Careful Words

thorn (n.)

Beneath the milk-white thorn that scents the evening gale.

Robert Burns (1759-1796): The Cotter's Saturday Night.

  A thorn in the flesh.

New Testament: 2 Corinthians xii. 7.

  One thorn of experience is worth a whole wilderness of warning.

James Russell Lowell (1819-1891): Among my Books. First Series. Shakespeare Once More.

Her modest looks the cottage might adorn,

Sweet as the primrose peeps beneath the thorn.

Oliver Goldsmith (1728-1774): The Deserted Village. Line 329.

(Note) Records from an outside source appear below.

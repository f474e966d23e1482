//! Sets of handles, and vectors indexed by handles.
//!
//! Contracts see a set as a bound and a finite set of numbers below it. No clause shows how it is stored, which is as
//! the bits of 64-bit words.
//!
//! Only tested: debug texts, and that a vector that is created with a capacity allocates nothing more for that many
//! values.
#![tactic(auto)]

mod handle_set;
mod handle_vec;
pub mod laws;

pub use handle_set::{HandleSet, HandleSetIter};
pub use handle_vec::{HandleVec, HandleVecIter};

But ne'er the rose without the thorn.

Robert Herrick (1591-1674): The Rose.

Flowers of all hue, and without thorn the rose.

John Milton (1608-1674): Paradise Lost. Book iv. Line 256.

Life let us cherish, while yet the taper glows,

And the fresh flow'ret pluck ere it close;

Why are we fond of toil and care?

Why choose the rankling thorn to wear?

J M Usteri (1763-1827): Life let us cherish.

But earthlier happy is the rose distill'd

Than that which withering on the virgin thorn

Grows, lives, and dies in single blessedness.

William Shakespeare (1564-1616): A Midsummer Night's Dream. Act i. Sc. 1.